CPE 103 Hashing Lab 2

Make careful notes of your complete experiment in your lab notebook.
Warning: These instruction do not tell you everything you need to know to solve this problem. Some details are intentionally omitted; you have to figure these out on your own. Ask the instructor if you get stuck, not other student teams.

Goal: We want to compare the performance of a hashtable when the input is evenly distributed versus when it is random.

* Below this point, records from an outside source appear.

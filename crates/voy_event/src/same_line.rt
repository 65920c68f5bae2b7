ghost use Rattle.std.specs.Prelude.{◌≡◌, ◌++◌, ◌∷◌, codes, decimal, true, IfSome};
ghost use Rattle.json.specs.Print.{quoted};
ghost use Rattle.serde_json.specs.Data.{object};
ghost use Rattle.serde_json.specs.Written.{comma_if, compact_text};
ghost use Rattle.voy_schema.specs.Lawful.{is_lawful_table};
ghost use Rattle.voy_schema.specs.Rows.{is_lawful_row};
ghost use Rattle.voy_event.specs.ByName.{key_order, members_at, name_at, row_order, value_in};
ghost use Rattle.voy_event.specs.LineParts.{HasRowsOf, names_part, rows_part};
ghost use Rattle.voy_tables.specs.Changes.{keyed_row};
ghost use Rattle.voy_event.specs.LineText.{after_data, before_data, change_data, key_data, row_data, value_data};

use crate::behind::{behind, behind_byte, behind_number, behind_text};
use crate::by_name::{Order, name_at};
use crate::line_text::{keyed_row, op_text};
use crate::words::text_of_role;
use voy_schema::{Column, Row, Table, Value};
use voy_tables::{Change, Role};

/// Whether the line is the canonical one of this change. The clause speaks of a yes alone: a no only means that the
/// line is read by way of a JSON document.
pub(crate) fn is_line_of(
    table: &Table,
    order: &Order,
    vsn: u64,
    role: Role,
    change: &Change,
    line: &[u8],
) -> bool
    requires lawful { is_lawful_table table.now ≡ true }
    requires row { order.now.row ≡ row_order table.now }
    requires key { order.now.key ≡ key_order table.now }
    requires rows { HasRowsOf table.now change.now }
    ensures { result ≡ true → line.now ≡ compact_text (change_data table.now vsn role change.now) }
{
    match behind_change(table, order, vsn, role, change, line) {
        Some(rest) => rest.is_empty(),
        None => false,
    }
}

fn behind_change<'a>(
    table: &Table,
    order: &Order,
    vsn: u64,
    role: Role,
    change: &Change,
    line: &'a [u8],
) -> Option<&'a [u8]>
    requires lawful { is_lawful_table table.now ≡ true }
    requires row { order.now.row ≡ row_order table.now }
    requires key { order.now.key ≡ key_order table.now }
    requires rows { HasRowsOf table.now change.now }
    ensures { IfSome result (λ rest. line.now ≡ rows_part table.now role change.now (names_part table.now vsn change.now rest.now)) }
{
    let names = behind_rows(table, order, role, change, line)?;
    behind_names(table, order, vsn, change, names)
}

#[tactic(auto, unfolding(crate::specs::LineParts::rows_part))]
fn behind_rows<'a>(
    table: &Table,
    order: &Order,
    role: Role,
    change: &Change,
    line: &'a [u8],
) -> Option<&'a [u8]>
    requires row { order.now.row ≡ row_order table.now }
    requires rows { HasRowsOf table.now change.now }
    ensures { IfSome result (λ rest. line.now ≡ rows_part table.now role change.now rest.now) }
{
    let rest = behind(line, b"{\"before_fields\":")?;
    let rest = behind_before(table, order, change, rest)?;
    let rest = behind(rest, b",\"exporter_role\":")?;
    let rest = behind_text(rest, text_of_role(role))?;
    let rest = behind(rest, b",\"fields\":")?;
    behind_after(table, order, change, rest)
}

fn behind_names<'a>(
    table: &Table,
    order: &Order,
    vsn: u64,
    change: &Change,
    line: &'a [u8],
) -> Option<&'a [u8]>
    requires lawful { is_lawful_table table.now ≡ true }
    requires key { order.now.key ≡ key_order table.now }
    requires rows { HasRowsOf table.now change.now }
    ensures { IfSome result (λ rest. line.now ≡ names_part table.now vsn change.now rest.now) }
{
    let op = behind_keyed(table, order, change, line)?;
    let names = behind_named(b",\"op\":", op_text(change), op)?;
    let number = behind_table_names(table, names)?;
    behind_end(number, vsn)
}

fn behind_keyed<'a>(
    table: &Table,
    order: &Order,
    change: &Change,
    line: &'a [u8],
) -> Option<&'a [u8]>
    requires lawful { is_lawful_table table.now ≡ true }
    requires key { order.now.key ≡ key_order table.now }
    requires rows { HasRowsOf table.now change.now }
    ensures { IfSome result (λ rest. line.now ≡ codes ",\"key\":" ++ (compact_text (key_data table.now (keyed_row change.now)) ++ rest.now)) }
{
    let key = behind(line, b",\"key\":")?;
    behind_key(table, order, keyed_row(change), key)
}

fn behind_table_names<'a>(table: &Table, line: &'a [u8]) -> Option<&'a [u8]>
    ensures { IfSome result (λ rest. line.now ≡ codes ",\"schema_name\":" ++ (quoted table.now.schema_name ++ (codes ",\"table_name\":" ++ (quoted table.now.table_name ++ rest.now)))) }
{
    let rest = behind_named(b",\"schema_name\":", table.schema_name.as_str(), line)?;
    behind_named(b",\"table_name\":", table.table_name.as_str(), rest)
}

/// What stands behind a name with its colon, and a text.
fn behind_named<'a>(name: &[u8], text: &str, line: &'a [u8]) -> Option<&'a [u8]>
    ensures { IfSome result (λ rest. line.now ≡ name.now ++ (quoted text.now ++ rest.now)) }
{
    let value = behind(line, name)?;
    behind_text(value, text)
}

fn behind_end(line: &[u8], vsn: u64) -> Option<&[u8]>
    ensures { IfSome result (λ rest. line.now ≡ codes ",\"vsn\":" ++ (decimal vsn ++ (codes "}" ++ rest.now))) }
{
    let number = behind(line, b",\"vsn\":")?;
    let rest = behind_number(number, vsn)?;
    behind(rest, b"}")
}

fn behind_before<'a>(
    table: &Table,
    order: &Order,
    change: &Change,
    line: &'a [u8],
) -> Option<&'a [u8]>
    requires row { order.now.row ≡ row_order table.now }
    requires rows { HasRowsOf table.now change.now }
    ensures { IfSome result (λ rest. line.now ≡ compact_text (before_data table.now change.now) ++ rest.now) }
{
    match change {
        Change::Insert { .. } => behind(line, b"null"),
        Change::Update { before, .. } => behind_row(table, order, before, line),
        Change::Delete { before, .. } => behind_row(table, order, before, line),
    }
}

fn behind_after<'a>(
    table: &Table,
    order: &Order,
    change: &Change,
    line: &'a [u8],
) -> Option<&'a [u8]>
    requires row { order.now.row ≡ row_order table.now }
    requires rows { HasRowsOf table.now change.now }
    ensures { IfSome result (λ rest. line.now ≡ compact_text (after_data table.now change.now) ++ rest.now) }
{
    match change {
        Change::Insert { after, .. } => behind_row(table, order, after, line),
        Change::Update { after, .. } => behind_row(table, order, after, line),
        Change::Delete { .. } => behind(line, b"null"),
    }
}

/// What stands behind a row's object.
fn behind_row<'a>(table: &Table, order: &Order, row: &Row, line: &'a [u8]) -> Option<&'a [u8]>
    requires order { order.now.row ≡ row_order table.now }
    requires row { is_lawful_row table.now row.now ≡ true }
    ensures { IfSome result (λ rest. line.now ≡ compact_text (row_data table.now.columns row.now) ++ rest.now) }
{
    behind_values(table.columns.as_slice(), order.row.as_slice(), row, line)
}

/// What stands behind the object of a row's key.
fn behind_key<'a>(table: &Table, order: &Order, row: &Row, line: &'a [u8]) -> Option<&'a [u8]>
    requires lawful { is_lawful_table table.now ≡ true }
    requires order { order.now.key ≡ key_order table.now }
    requires row { is_lawful_row table.now row.now ≡ true }
    ensures { IfSome result (λ rest. line.now ≡ compact_text (key_data table.now row.now) ++ rest.now) }
{
    behind_values(table.columns.as_slice(), order.key.as_slice(), row, line)
}

/// What stands behind an object of the columns at these places, in this order.
fn behind_values<'a>(
    columns: &[Column],
    places: &[u32],
    row: &Row,
    line: &'a [u8],
) -> Option<&'a [u8]>
    ensures { IfSome result (λ rest. line.now ≡ compact_text (object (members_at columns.now (value_in row.now) places.now)) ++ rest.now) }
{
    let mut rest = behind_byte(line, b'{')?;
    let mut later = false;
    for place in places {
        let name = behind_comma(later, rest)?;
        rest = behind_member(columns, *place, row, name)?;
        later = true;
    }
    behind_byte(rest, b'}')
}

fn behind_comma(later: bool, line: &[u8]) -> Option<&[u8]>
    ensures { IfSome result (λ rest. line.now ≡ comma_if later ++ rest.now) }
{
    if later {
        behind_byte(line, b',')
    } else {
        Some(line)
    }
}

/// What stands behind the name of the column at this place, and the row's value there.
fn behind_member<'a>(columns: &[Column], place: u32, row: &Row, line: &'a [u8]) -> Option<&'a [u8]>
    ensures { IfSome result (λ rest. line.now ≡ quoted (name_at columns.now place) ++ 58 ∷ (compact_text (value_in row.now place) ++ rest.now)) }
{
    let colon = behind_text(line, name_at(columns, place))?;
    let value = behind_byte(colon, b':')?;
    match row.get(place as usize) {
        Some(there) => behind_value(there, value),
        None => behind(value, b"null"),
    }
}

fn behind_value<'a>(value: &Value, line: &'a [u8]) -> Option<&'a [u8]>
    ensures { IfSome result (λ rest. line.now ≡ compact_text (value_data value.now) ++ rest.now) }
{
    match value {
        Value::Null => behind(line, b"null"),
        Value::Text(text) => behind_text(line, text.as_str()),
    }
}
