ghost use Rattle.std.specs.Prelude.{◌≡◌, Some, IfOk, IfErr};
ghost use Rattle.serde_json.specs.View.{view};
ghost use Rattle.voy_event.specs.LawfulEvent.{IsLawfulChange};
ghost use Rattle.voy_event.specs.InTurn.{recorded_document_in_turn, recorded_in_turn, recorded_op_in_turn};
ghost use Rattle.voy_event.specs.RecordedLine.{recorded_line_reading};
ghost use Rattle.voy_schema.specs.Refusal.{Refuses};
ghost use Rattle.voy_event.specs.Refusal.{cause_of};

use crate::change_line::{read_row_change, table_of_line};
use crate::limits::MAX_RECORDED_LINE_BYTES;
use crate::line_error::{LineError, LineWhy};
use crate::recorded::Recorded;
use crate::words::{Op, change_op, number_at};
use serde_json::Value as Json;
use std::alloc::Global;
use voy_json::{ParseError, parse};
use voy_schema::Schema;
use voy_tables::Spot;

/// The names of a recorded change line.
const RECORDED_NAMES: [&str; 8] = [
    "before_fields",
    "commit",
    "fields",
    "key",
    "op",
    "schema_name",
    "seq",
    "table_name",
];

/// The change that a line of a recording states, given without its LF. Of a name that an object gives
/// twice the last counts, and names may come in any order.
///
/// A line without a reading is `Bad` with the first cause that holds, in the order of [`LineWhy`].
pub fn read_change(alloc: Global, schema: &Schema, bytes: &[u8]) -> Result<Recorded, LineError>
    ensures ok { IfOk result (λ recorded.
        recorded_line_reading schema.now.tables bytes.now ≡ Ok recorded) }
    ensures err { IfErr result (Refuses cause_of (recorded_line_reading schema.now.tables bytes.now)) }
    ensures lawful { IfOk result (λ recorded. IsLawfulChange schema.now.tables recorded.change) }
{
    read_in_turn(alloc, schema, bytes)
}

fn read_in_turn(alloc: Global, schema: &Schema, bytes: &[u8]) -> Result<Recorded, LineError>
    ensures ok { IfOk result (λ recorded. recorded_in_turn schema.now.tables bytes.now ≡ Ok recorded) }
    ensures err { IfErr result (Refuses cause_of (recorded_in_turn schema.now.tables bytes.now)) }
{
    if bytes.len() > MAX_RECORDED_LINE_BYTES {
        return Err(LineError::Bad(LineWhy::TooLong));
    }
    match parse(alloc, bytes) {
        Ok(line) => read_document(alloc, schema, &line),
        Err(ParseError::NotJson) => Err(LineError::Bad(LineWhy::NotJson)),
        Err(ParseError::NoMemory) => Err(LineError::NoMemory),
    }
}

fn read_document(alloc: Global, schema: &Schema, line: &Json) -> Result<Recorded, LineError>
    ensures ok { IfOk result (λ recorded.
        recorded_document_in_turn schema.now.tables (Some (view line.now)) ≡ Ok recorded) }
    ensures err { IfErr result
        (Refuses cause_of (recorded_document_in_turn schema.now.tables (Some (view line.now)))) }
{
    if !line.is_object() {
        return Err(LineError::Bad(LineWhy::NotJson));
    }
    match change_op(line) {
        Some(op) => read_recorded(alloc, schema, op, line),
        None => Err(LineError::Bad(LineWhy::BadOp)),
    }
}

#[tactic(auto, unfolding(crate::specs::RecordedLine::recorded_names))]
fn read_recorded(alloc: Global, schema: &Schema, op: Op, line: &Json) -> Result<Recorded, LineError>
    ensures ok { IfOk result (λ recorded.
        recorded_op_in_turn schema.now.tables (view line.now) (Some op) ≡ Ok recorded) }
    ensures err { IfErr result
        (Refuses cause_of (recorded_op_in_turn schema.now.tables (view line.now) (Some op))) }
{
    let placed = match table_of_line(schema, &RECORDED_NAMES, line) {
        Ok(placed) => placed,
        Err(cause) => return Err(LineError::Bad(cause)),
    };
    let Some(commit) = number_at(line, "commit") else {
        return Err(LineError::Bad(LineWhy::BadValue));
    };
    let Some(seq) = number_at(line, "seq") else {
        return Err(LineError::Bad(LineWhy::BadValue));
    };
    let change = read_row_change(alloc, op, &placed, line)?;
    Ok(Recorded {
        spot: Spot { commit, seq },
        change,
    })
}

Make a prediction based on your theoretical understanding of hashing, and explain your prediction in your notebook.

For an example of evenly distributed input, here is a common unix word dictionary, in alphabetical order:
http://www.robblackwell.org.uk/wp-content/words
Use the "wc" command to find out how many words it contains.

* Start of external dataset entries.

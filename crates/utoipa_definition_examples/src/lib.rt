//! Worked examples of the definitions of `utoipa_base`, each a theorem by computation: the crate has no code, its proofs
//! say what given trees read as, and what given documents are written as.
#![tactic(auto)]
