//! What is said of an API as a whole, with its contact and its license.
ghost use Rattle.std.specs.Prelude.{◌≡◌, [], string_bytes};
ghost use Rattle.utoipa_base.specs.Kinds.{named, info_object, contact_object, license_object};

use serde_json::Value;
use std::alloc::{AllocError, Global};
use utoipa_base::{
    Documented, Emit, Extensions, JsonSink, Place, ReadFault, Readings, Tree, clone_table,
    emit_table, from_fields, read_table, row_names, row_values,
};

// The rows of an info object, in the order of the members' names: mark, member, field.
macro_rules! info_rows {
    ($lines:ident!($($arguments:tt)*)) => {
        $lines! {
            $($arguments)*;
            optional "contact" contact,
            optional "description" description,
            optional "license" license,
            optional "termsOfService" terms_of_service,
            required "title" title,
            required "version" version,
        }
    };
}

/// An Info Object (OpenAPI 3.1, section 4.8.2): metadata about the API.
#[derive(Debug, Drop)]
pub struct Info {
    /// The title of the API.
    pub title: String,
    /// A description of the API, in CommonMark.
    pub description: Option<String>,
    /// A URI of the terms of service: the member `termsOfService`.
    pub terms_of_service: Option<String>,
    /// Whom to ask about the API.
    pub contact: Option<Contact>,
    /// The license of the API.
    pub license: Option<License>,
    /// The version of the document, which is neither that of the standard nor that of a program behind the API.
    pub version: String,
    /// Specification extensions.
    pub extensions: Option<Extensions>,
}

// The rows of a contact, in the order of the members' names: mark, member, field.
macro_rules! contact_rows {
    ($lines:ident!($($arguments:tt)*)) => {
        $lines! {
            $($arguments)*;
            optional "email" email,
            optional "name" name,
            optional "url" url,
        }
    };
}

/// A Contact Object (OpenAPI 3.1, section 4.8.3): whom to ask about an API.
#[derive(Debug, Default, Drop)]
pub struct Contact {
    /// The name of the person or the organization.
    pub name: Option<String>,
    /// A URI for the contact.
    pub url: Option<String>,
    /// The email address of the person or the organization.
    pub email: Option<String>,
    /// Specification extensions.
    pub extensions: Option<Extensions>,
}

// The rows of a license, in the order of the members' names: mark, member, field.
macro_rules! license_rows {
    ($lines:ident!($($arguments:tt)*)) => {
        $lines! {
            $($arguments)*;
            optional "identifier" identifier,
            required "name" name,
            optional "url" url,
        }
    };
}

/// A License Object (OpenAPI 3.1, section 4.8.4): the license of an API.
#[derive(Debug, Drop)]
pub struct License {
    /// The name of the license.
    pub name: String,
    /// A URI of the license's text. It excludes `identifier`.
    pub url: Option<String>,
    /// An SPDX expression of the license. It excludes `url`.
    pub identifier: Option<String>,
    /// Specification extensions.
    pub extensions: Option<Extensions>,
}

impl Info {
    ghost use Rattle.utoipa_leaf.specs.Info.{empty_info, built_info};

    /// An info object of a title and a version, with nothing else. Takes no memory.
    pub fn new(title: String, version: String) -> Info
        ensures { result ≡ empty_info title version }
    {
        Info {
            title,
            description: None,
            terms_of_service: None,
            contact: None,
            license: None,
            version,
            extensions: None,
        }
    }

    /// A builder that begins with an empty title and an empty version. Takes no memory.
    pub fn builder(alloc: Global) -> InfoBuilder
        ensures { (title : _) × (version : _) × (string_bytes title ≡ []) × (string_bytes version ≡ [])
            × (built_info result ≡ empty_info title version) }
    {
        InfoBuilder::new(alloc)
    }
}

impl Contact {
    ghost use Rattle.utoipa_leaf.specs.Info.{empty_contact, built_contact};

    /// A contact of whom nothing is said. It is written `{}`.
    pub fn new() -> Contact
        ensures { result ≡ empty_contact }
    {
        Contact {
            name: None,
            url: None,
            email: None,
            extensions: None,
        }
    }

    /// A builder that begins with a contact of whom nothing is said.
    pub fn builder() -> ContactBuilder
        ensures { built_contact result ≡ empty_contact }
    {
        ContactBuilder::new()
    }
}

impl License {
    ghost use Rattle.utoipa_leaf.specs.Info.{empty_license, built_license};

    /// A license of a name, with nothing else. Takes no memory.
    pub fn new(name: String) -> License
        ensures { result ≡ empty_license name }
    {
        License {
            name,
            url: None,
            identifier: None,
            extensions: None,
        }
    }

    /// A builder that begins with a license of the empty name. Takes no memory.
    pub fn builder(alloc: Global) -> LicenseBuilder
        ensures { (name : _) × (string_bytes name ≡ []) × (built_license result ≡ empty_license name) }
    {
        LicenseBuilder::new(alloc)
    }
}

impl Documented for Contact {
    ghost use Rattle.utoipa_leaf.specs.Info.{contact_doc};

    ghost kind = { named contact_object };

    ghost doc = { contact_doc };
}

impl Emit for Contact {
    fn emit<S: JsonSink>(&self, out: &mut S) -> Result<(), AllocError> {
        let names = contact_rows!(row_names!());
        let values = contact_rows!(row_values!(self));
        emit_table(out, names, &values, &self.extensions)
    }
}

impl Tree for Contact {
    ghost use Rattle.utoipa_leaf.specs.Info.{contact_of_kind};

    ghost is_of_kind = { contact_of_kind };

    fn read_plain(
        alloc: Global,
        tree: &Value,
        readings: &mut Readings,
    ) -> Result<Contact, ReadFault> {
        let names = contact_rows!(row_names!());
        let (fields, extensions) = read_table(alloc, tree, "Contact", names, readings)?;
        Ok(contact_rows!(from_fields!(Contact, fields, extensions)))
    }

    fn try_clone(&self, alloc: Global) -> Result<Contact, AllocError> {
        contact_rows!(clone_table!(Contact, self, alloc))
    }
}

impl Place for Contact {
    fn is_schema() -> bool {
        false
    }
}

impl Documented for License {
    ghost use Rattle.utoipa_leaf.specs.Info.{license_doc};

    ghost kind = { named license_object };

    ghost doc = { license_doc };
}

impl Emit for License {
    fn emit<S: JsonSink>(&self, out: &mut S) -> Result<(), AllocError> {
        let names = license_rows!(row_names!());
        let values = license_rows!(row_values!(self));
        emit_table(out, names, &values, &self.extensions)
    }
}

impl Tree for License {
    ghost use Rattle.utoipa_leaf.specs.Info.{license_of_kind};

    ghost is_of_kind = { license_of_kind };

    fn read_plain(
        alloc: Global,
        tree: &Value,
        readings: &mut Readings,
    ) -> Result<License, ReadFault> {
        let names = license_rows!(row_names!());
        let (fields, extensions) = read_table(alloc, tree, "License", names, readings)?;
        Ok(license_rows!(from_fields!(License, fields, extensions)))
    }

    fn try_clone(&self, alloc: Global) -> Result<License, AllocError> {
        license_rows!(clone_table!(License, self, alloc))
    }
}

impl Place for License {
    fn is_schema() -> bool {
        false
    }
}

impl Documented for Info {
    ghost use Rattle.utoipa_leaf.specs.Info.{info_doc};

    ghost kind = { named info_object };

    ghost doc = { info_doc };
}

For an example of randomly distributed, you can use the text file containing "Huckleberry Finn". Then edit the file so it has exactly the same number of words as the dictionary file.

Modify the author's Quadratic Probing hashtable class from the previous lab so that it will count the number of probes that are performed to insert a word in the hashtable. A word inserted with no collisions count as one probe. Each spot that collides counts as one probe. Manually compute the number of probes that should result from the data in exercise 1 of the previous lab. Run the tests to verify your probe counter is working properly.

Set the capacity to be twice as large as the number of words in the dictionary file.   (Why does this matter?)

Write a driver to run the experiment, hashing both files and recording the total number of probes. The driver should NOT filter duplicates from the input file. You might also print the number of words processed, as a confirmation.

Calculate the average number of probes by dividing the total by the number of words.
Do the results match your prediction? Is the average the same for both input types, evenly distributed and random.  If not, which is longer? Explain why.

Show your notebook with your data and conclusions to the instructor.